TYPES OF CONTACT LENS


These are the most comfortable lenses and easiest to get used to.

Since they have a larger optical field, they provide a wider field of view. They are the lens group with the highest number of users thanks to high oxygen permeability.

  • Replacement schedule contact lenses (monthly disposable)
  • Daily lenses
  • Toric lenses (for astigmatism)
  • Lenses for near and distant vision
  • Overnight wear contact lenses
  • Aphakic lenses (pediatric)
  • High-diopter and extended wear lenses

Spherical Contact Lenses

Soft contact lenses for the correction of spherical refractive errors without astigmatism.

Toric Contact Lenses

Soft contact lenses that correct astigmatic refractive errors.

Multifocal Contact Lenses

Soft contact lenses which correct presbyopia, age-related loss of far vision which develops after the age of 40, and provide both near and far vision are called multifocal contact lenses.

Gas-Permeable Lenses (Rigid lenses)

Rigid lenses offer high oxygen permeability in addition to optical quality and durability. They provide the best results in the correction of corneal astigmatism and keratoconus, i.e. people with coning of the cornea.

Hybrid Contact Lenses

These lenses are used in keratoconus, an eye disease in which the clear corneal layer in front of the eye becomes thinner and bulges forward. A rigid lens material is used for the optics, i.e. center, of the lens while a soft lens material is used for the haptics, i.e. the peripheral part. 

Keratoconus patients often have high astigmatism so adequate vision cannot be achieved with eye glasses and soft contact lenses. Therefore, clear vision is achieved with gas permeable rigid contact lenses in these patients. However, adjustment to these lenses is difficult and not every patient can use them.  Hybrid contact lenses have a rigid center and a soft periphery. Patients can have a more comfortable and clear vision with hybrid contact lenses.

Color Contact Lenses

It is possible to have natural, stunning looks with color lenses. For eyes with refractive errors, color lenses can not only correct the refractive error, but also give the person their choice of eye color.

Chromagen Lenses

Chromagen lenses are unique products designed to help people who have color deficiency and difficulty in reading. Chromagen haploscopic filters are specially chromized and can be worn as glasses or contact lenses. These have been developed for people with color blindness and trials have demonstrated a success rate of 97%.

How Does Chromagen Work?

Chromagen haploscopic lenses change the level of each color going into the non-dominant eye and, in some cases, both the dominant and non-dominant eye, enabling enhanced color perception and color discrimination. For many people, developments in color perception and discrimination can be dramatic. The brightness of each color is strongly enhanced, including the colors perceived correctly.

Purposes of Chromagen Lenses:

  • Enhancing overall color perception
  • Achieving clearer and brighter color vision
  • Discriminating between color tones
  • Naming colors
  • Improving safety (e.g. traffic and brake lights)
  • Increasing visual capacity for color vision tests

These lenses are not effective in patients whose color vision is disrupted later due to retinal or optic nerve disorders.

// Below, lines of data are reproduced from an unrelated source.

//! The index of an LTFS volume: what one document tells of the volume, of its files and of where
//! their bytes stand (LTFS 2.4 on the index).
#![tactic(auto)]

mod errors;
mod examples;
mod faults;
pub mod index_faults;
mod indexes;
mod laws;
mod nodes;
mod telling;
mod text_list;

pub use errors::IndexErr;
pub use examples::the_definitions_tell_valid_from_damaged;
pub use faults::Fault;
pub use indexes::{Index, Policy, Spot};
pub use laws::{directories_stand_together, indexes_tell_one_value, one_fault_is_told};
pub use nodes::{Node, NodeKind, RawExtent};
pub use telling::refusal_text;
pub use text_list::TextList;
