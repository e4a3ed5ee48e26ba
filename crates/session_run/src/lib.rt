//! All calls of a script on a served volume, each session in a thread of its own; and the whole of a serving, from the
//! mount of a cartridge to its close.
//!
//! Not claimed: that it returns, which session goes first, and that threads run at the same time.
#![tactic(auto)]

mod ends;
mod host;
mod ran;
mod serving;
mod threads;
mod timed;

pub use ends::{ServeEnd, Served, end_line, print_end};
pub use host::Host;
pub use ran::{Ran, RanEnd, run_sessions};
pub use serving::serve_volume;
pub use timed::TimedClock;
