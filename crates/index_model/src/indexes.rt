use crate::nodes::Node;
use crate::text_list::TextList;
use ltfs_documents::doc_fields::LockState;
use tape_types::{List, Moment, Text};

/// Where an index stands on tape: the position of the first block of its document (LTFS 2.4 on
/// the self pointer and the back pointer).
#[derive(Clone, Copy, Debug, PartialEq, Eq)]
pub struct Spot {
    /// The partition's letter, `a` to `z` in ASCII.
    pub letter: u8,
    /// The position, counted in items from the partition's beginning. At most 2^62 in a valid
    /// index.
    pub block: u64,
}

/// Which files the index partition may hold (LTFS 2.4 on the data placement policy): those of
/// at most `size` bytes whose name one of the patterns matches, or of any name where there is
/// no pattern.
#[derive(Drop)]
pub struct Policy {
    /// In bytes, at most 2^62 in a valid index.
    pub size: u64,
    /// The patterns, in the order of the document. Each may be any text, an empty one too.
    pub names: TextList,
}

/// An index of a volume (LTFS 2.4 on the index).
#[derive(Drop)]
pub struct Index {
    /// The name of the program that wrote the index.
    pub creator: Text,
    pub comment: Option<Text>,
    /// The UUID of the volume, its first byte the highest.
    pub uuid: u128,
    /// The generation of the index: 1 to 2^62 in a valid one, and higher in each later index
    /// of the volume.
    pub generation: u64,
    /// When the volume was last changed.
    pub updated: Moment,
    /// The self pointer: where this index stands.
    pub here: Spot,
    /// The back pointer: where the index before it stands on the data partition.
    pub back: Option<Spot>,
    /// Whether the policy may be changed.
    pub allow: bool,
    /// Where there is none, no file belongs on the index partition.
    pub policy: Option<Policy>,
    pub lock: Option<LockState>,
    /// The highest file UID that a node of the volume ever had, at most 2^62 in a valid index.
    pub highest: u64,
    /// The nodes in the order of the document: the root first, each node before those below
    /// it, and all that is below one child of a directory before the next child. 1 to 65,536
    /// in a valid index.
    pub nodes: List<Node>,
}
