/// What is wrong with an index as a whole, and the UID of the node of which that is told first.
#[derive(Clone, Copy, Debug, PartialEq, Eq)]
pub enum Fault {
    /// The highest UID is over 2^62; or a UID is 0, is there already, or is over the highest; or
    /// the root's isn't 1.
    Uid(u64),
    /// A node has the name of an earlier one of its directory.
    SameName(u64),
    /// A node has two attributes of one key.
    SameKey(u64),
    /// A file is longer than 2^40 bytes, or one of its extents ends past 2^62.
    Extent(u64),
    /// Two extents of a file share an offset.
    Overlap(u64),
}
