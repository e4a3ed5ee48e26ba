//! The sessions of a desk in their threads.

ghost use Rattle.std.specs.Prelude.{◌≡◌, ◌<◌, ℕ, length, slice_index_or};
ghost use Rattle.tape_desk.specs.Passes.{DeskView};
ghost use Rattle.session_run.specs.Ran.{IsDone};

use std::sync::Wait;
use std::thread;
use std::thread::Threads;
use tape_desk::{Desk, DeskPass};
use tape_drive::Drive;
use tape_edge::{Clock, Gate, Sink};

/// Makes all calls of one session.
fn make_calls<R: Wait, D: Drive, C: Clock, K: Sink, G: Gate>(
    rt: &R,
    desk: &Desk<D, C, K>,
    pass: &mut DeskPass<D, C, K>,
    gate: &G,
)
    requires { pass.old.lock ≡ desk.now }
    ensures { IsDone pass.old pass.new }
{
    let count = pass.count();
    while pass.placed() < count {
        desk.call(rt, pass, gate);
    }
    gate.at(pass.who(), count, 0);
}

/// Makes all calls of all sessions, each session's in a thread of its own where one can be made.
pub fn make_all<
    R: Threads + Wait + Sync,
    D: Drive + Send,
    C: Clock + Send,
    K: Sink + Send,
    G: Gate + Sync,
>(rt: &R, desk: &Desk<D, C, K>, passes: &mut [DeskPass<D, C, K>], gate: &G)
    requires { (k : ℕ) (p : DeskView D K) → k < length passes.old → (slice_index_or passes.old k p).lock ≡ desk.now }
    ensures { (k : ℕ) (p : DeskView D K) → k < length passes.old
        → IsDone (slice_index_or passes.old k p) (slice_index_or passes.new k p) }
{
    let threads = passes.len().max(1);
    thread::for_each_mut(
        rt,
        passes,
        threads,
        &|_, pass: &mut DeskPass<D, C, K>|
            requires { pass.old.lock ≡ desk.now }
            ensures { IsDone pass.old pass.new }
        { make_calls(rt, desk, pass, gate) },
    );
}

Therapeutic Contact Lenses

Therapeutic contact lenses are used to improve epithelial healing in the cornea, prevent epithelial erosion or control the pain felt in the corneal surface.

Prosthetic Contact Lenses

If one eye has a different color than the other, you can have your ideal eye color with prosthetic lenses. A soft lens can be tinted any color that you want in order to eliminate the difference between the eyes.